NHS security dilemma as smartcards shared

Trust goes against guidelines in high-pressure A&E department

An NHS trust board has approved the sharing of smartcards, in breach of security policy under the £12.4bn NHS National Programme for IT (NPfIT), because slow log-in times would restrict the time of doctors treating emergency patients.

South Warwickshire General Hospitals NHS Trust has allowed some staff to share smartcards used to access patient records, after concluding that log-in times for systems were too long for high-activity areas such as Accident and Emergency.
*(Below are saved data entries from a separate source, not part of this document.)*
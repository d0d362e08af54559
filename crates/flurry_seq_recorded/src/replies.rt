//! A kept call, made on an owned map.
ghost use Rattle.std.specs.Prelude.{◌≡◌, OnErr, IfOk};
ghost use Rattle.flurry_seq_recorded.specs.Histories.{KeptAnswers};

use crate::kept::KeptCall;
use flurry_base::hash::KeyHasher;
use flurry_base::reply::KeptReply;
use flurry_seq::SeqMap;
use std::alloc::{AllocError, Allocator};

// Makes `call` on `map`, and returns its reply. If the call fails, the map is unchanged.
pub(crate) fn reply_to<K: Ord + Copy, V: Copy, S: KeyHasher<K>, A: Allocator + Copy>(
    map: &mut SeqMap<K, V, S, A>,
    call: KeptCall<K, V>,
) -> Result<KeptReply<K, V>, AllocError>
    ensures ok { IfOk result (λ r. KeptAnswers K.cmp call map.old.pairs r map.new.pairs) }
    ensures hasher { map.new.hasher ≡ map.old.hasher }
    ensures err { OnErr result (map.new ≡ map.old) }
{
    match call {
        KeptCall::Get(key) => Ok(KeptReply::Value(map.get(&key).map(|value| **value))),
        KeptCall::GetKeyValue(key) => {
            Ok(KeptReply::Pair(map.get_key_value(&key).map(|(key, value)| (**key, **value))))
        }
        KeptCall::ContainsKey(key) => Ok(KeptReply::Contains(map.contains_key(&key))),
        KeptCall::Insert(key, value) => {
            Ok(KeptReply::Value(map.insert(key, value)?.map(|value| *value)))
        }
        KeptCall::TryInsert(key, value) => match map.try_insert(key, value)? {
            Ok(value) => Ok(KeptReply::New(*value)),
            Err(error) => Ok(KeptReply::Exists {
                current: *error.current,
                not_inserted: error.not_inserted,
            }),
        },
        KeptCall::Remove(key) => Ok(KeptReply::Value(map.remove(&key).map(|value| *value))),
        KeptCall::RemoveEntry(key) => {
            Ok(KeptReply::Pair(map.remove_entry(&key).map(|(key, value)| (*key, *value))))
        }
    }
}
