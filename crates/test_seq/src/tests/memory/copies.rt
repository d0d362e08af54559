//! Clones of a map, with the same pairs.

use super::{Refused, assert_same_at, map_of, refuse_each};
use metered_alloc::MeteredAlloc;
use std::alloc::{Allocator, Global};
use std::process::Abort;

// The cloning of a map of three pairs.
struct Copies;

impl Refused for Copies {
    fn run_refusing<A: Allocator + Copy>(
        &self,
        rt: &impl Abort,
        metered: &MeteredAlloc<Global>,
        memory: A,
        k: u64,
    ) -> bool {
        let map = map_of(rt, memory, 3);
        let before = metered.live_blocks();
        metered.refuse_at(k);
        let answer = map.try_clone();
        let refused = metered.was_refused();
        metered.refuse_nothing();
        let is_equal = match answer {
            Ok(copy) => Some(copy == map),
            Err(_) => None,
        };
        let wanted = if refused { None } else { Some(true) };
        assert_same_at(rt, k, (is_equal, metered.live_blocks()), (wanted, before));
        refused
    }
}

#[test]
fn try_clone(rt: HostRuntime) {
    refuse_each(&rt, rt.alloc(), &Copies);
}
The move raises the question of whether the Care Records Service system installed under the NPfIT has been supplied with busy hospital departments in mind, and just how stringent security can be in highly pressured environments.

Connecting for Health, which runs the NPfIT, has stated in policy papers that smartcard sharing by NHS staff is "misconduct" that may result in disciplinary action.

Paul Cundy, spokesman for the British Medical Association's GP IT subcommittee, said the actions of the trust "drive a coach and horses through the so-called privacy in the new systems".

He said, "This is precisely what we have long predicted and shows that security systems, although highly specified on paper, need to be tested against live environments before they can be said to be secure."

But Duncan Robinson, director of IT at the trust, said it had decided specifically in Accident and Emergency to slightly depart from what he called security "guidelines" to allow the sharing of smartcards on certain PCs.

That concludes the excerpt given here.